Collected data entries
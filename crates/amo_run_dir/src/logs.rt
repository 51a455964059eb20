//! Reading of the journals of a run: each by its checksums, and by what the last round's header
//! counts.
use crate::files::opened_to_read;
use crate::identity::first_checksum;
use crate::round::record_of;
use amo_journal::{Checksum, Log, Place};
use amo_run_faults::{Fault, Item, Loss, Setting, had};
use amo_run_files::{Count, Extent, RoundFile};
use amo_run_journals::{Unread, checked_log, extent_in};
use amo_system_calls::SystemCalls;
use std::alloc::Global;

/// How often a journal is read again if it looks damaged and its writer goes on meanwhile.
pub(crate) const LOOKS: u32 = 100;

/// Reads a journal, which was made with the run's id. `last` is the file of the last round, which
/// the caller has read before. A writer may be at work: so a journal that would be refused is read
/// again. It is refused if the next read gives the same reason and begins with the same bytes, or
/// after `LOOKS` more reads.
///
/// # Errors
/// `Missing` if it isn't there, or if it has appends and no round was begun. `Empty` if it has no
/// byte. `Damaged` if it is damaged. `Lost` if appends are gone that were on the disk when the last
/// round began.
pub fn log_of<S: SystemCalls>(
    system: &mut S,
    setting: &Setting<'_>,
    item: Item,
    last: Option<&RoundFile>,
) -> Result<Log, Fault> {
    let first = first_checksum(system, setting, item)?;
    let counted = counted_in(system.alloc(), item, last)?;
    match look_at_log(system, setting, item, first, counted)? {
        Look::Read(log, _) => begun(system, setting, last, log),
        Look::Refused(why, _) => Err(fault_of(item, why, counted, last)),
    }
}

/// Reads a journal as [`log_of`] does, by a handle of its file. `last` is the file of the last
/// round, which the caller has read before. Returns the place of its last append too, from which it
/// is read on.
///
/// # Errors
/// As [`log_of`], but `Missing` only of the round's file.
pub(crate) fn log_in<S: SystemCalls>(
    system: &mut S,
    setting: &Setting<'_>,
    item: Item,
    last: Option<&RoundFile>,
    file: &S::Handle,
) -> Result<(Log, Place), Fault> {
    let first = first_checksum(system, setting, item)?;
    let counted = counted_in(system.alloc(), item, last)?;
    match look_in(system, item, file, first, counted)? {
        Look::Read(log, place) => Ok((begun(system, setting, last, log)?, place)),
        Look::Refused(why, _) => Err(fault_of(item, why, counted, last)),
    }
}

/// The result of a look at a journal.
#[derive(Drop)]
pub enum Look {
    /// It was read. The place is that of its last append.
    Read(Log, Place),
    /// It isn't read, for this reason; these are its bytes.
    Refused(Unread, Vec<u8>),
}

/// Reads a journal, and once more as long as it would be refused and shows other bytes. `first` is
/// the checksum that stands before its first append, and `counted` what the file of the last round
/// counts of it.
///
/// # Errors
/// `Missing` if it isn't there, `Empty` if it has no byte, and `Read`.
pub fn look_at_log<S: SystemCalls>(
    system: &mut S,
    setting: &Setting<'_>,
    item: Item,
    first: Checksum,
    counted: Option<Count>,
) -> Result<Look, Fault> {
    match opened_to_read(system, setting, item)? {
        Some(file) => look_in(system, item, &file, first, counted),
        None => Err(Fault::Missing(item)),
    }
}

/// Reads a journal as [`look_at_log`] does, by a handle of its file.
///
/// # Errors
/// `Empty` if it has no byte, and `Read`.
fn look_in<S: SystemCalls>(
    system: &mut S,
    item: Item,
    file: &S::Handle,
    first: Checksum,
    counted: Option<Count>,
) -> Result<Look, Fault> {
    let mut bytes = whole_of(system, item, file)?;
    let mut read = checked_log(system.alloc(), first, counted, &bytes);
    for _look in 0..LOOKS {
        let Err(why) = read else {
            break;
        };
        let again = whole_of(system, item, file)?;
        let next = checked_log(system.alloc(), first, counted, &again);
        if is_same(&bytes, why, &again, &next) {
            break;
        }
        bytes = again;
        read = next;
    }
    match read {
        Ok((log, place)) => Ok(Look::Read(log, place)),
        Err(why) => Ok(Look::Refused(why, bytes)),
    }
}

/// Returns the log, unless it has appends and no round was begun. Reads the round's file again
/// before it refuses: the first round may have been begun meanwhile.
fn begun<S: SystemCalls>(
    system: &mut S,
    setting: &Setting<'_>,
    last: Option<&RoundFile>,
    log: Log,
) -> Result<Log, Fault> {
    if last.is_some() || log.records.is_empty() || record_of(system, setting)?.is_some() {
        return Ok(log);
    }
    Err(Fault::Missing(Item::Record))
}

/// Returns what the file of the last round counts of a journal, if there is a round.
///
/// # Errors
/// `Refused` if it counts nothing of it, and `Memory`.
pub fn counted_in(
    alloc: Global,
    item: Item,
    last: Option<&RoundFile>,
) -> Result<Option<Count>, Fault> {
    let Some(last) = last else {
        return Ok(None);
    };
    let name = format!(in alloc; "{item}")?;
    let Some(extent) = extent_in(&last.extents, name.as_bytes()) else {
        return Err(Fault::Refused(Item::Record));
    };
    match extent.count() {
        Some(count) => Ok(Some(count)),
        None => Err(Fault::Refused(Item::Record)),
    }
}

/// Returns how much of a journal with these checksums is on the disk, whatever a crash takes from
/// now on: all appends but the last.
pub(crate) fn extent_of<S: SystemCalls>(
    system: &mut S,
    setting: &Setting<'_>,
    item: Item,
    checksums: &[Checksum],
) -> Result<Extent, Fault> {
    let first = first_checksum(system, setting, item)?;
    let name = format!(in system.alloc(); "{item}")?;
    let count = Count::of(first, checksums);
    Ok(Extent::of_count(system.alloc(), name.as_bytes(), &count)?)
}

/// Returns true if a second read of a journal was refused as the first one was, and shows the same
/// bytes.
fn is_same(bytes: &[u8], why: Unread, again: &[u8], next: &Result<(Log, Place), Unread>) -> bool {
    match next {
        Err(other) => *other == why && again.starts_with(bytes),
        Ok(_) => false,
    }
}

/// Returns the fault of a journal that isn't read for this reason. `last` is the file of the last
/// round, and `counted` what it counts of the journal.
pub fn fault_of(
    item: Item,
    why: Unread,
    counted: Option<Count>,
    last: Option<&RoundFile>,
) -> Fault {
    let (counted, round) = match (counted, last) {
        (Some(count), Some(last)) => (count.appends, last.header.round),
        _ => (0, 0),
    };
    match why {
        Unread::Memory => Fault::Memory,
        Unread::Damaged(number, kind) => Fault::Damaged(item, number, kind),
        Unread::Fewer(has) => Fault::Lost(
            item,
            Loss::Fewer {
                has,
                counted,
                round,
            },
        ),
        Unread::Other => Fault::Lost(
            item,
            Loss::Other {
                number: counted,
                round,
            },
        ),
    }
}

/// Returns the bytes of a journal.
///
/// # Errors
/// `Empty` if the file has no byte, and `Read`.
fn whole_of<S: SystemCalls>(
    system: &mut S,
    item: Item,
    file: &S::Handle,
) -> Result<Vec<u8>, Fault> {
    let bytes = had(item, system.read_from(file, 0))?;
    if bytes.is_empty() {
        return Err(Fault::Empty(item));
    }
    Ok(bytes)
}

* _WHAT NEEDS TO BE DONE_
Set down each line exactly as it appears, starting at the top of the data and ending at the line containing "use crate::round::record_of;", and include no other lines.

* _EXERCISE SOLUTION_
filename crates/amo_run_dir/src/logs.rt
repository 51a455964059eb20
//! Reading of the journals of a run: each by its checksums, and by what the last round's header
//! counts.
use crate::files::opened_to_read;
use crate::identity::first_checksum;
use crate::round::record_of;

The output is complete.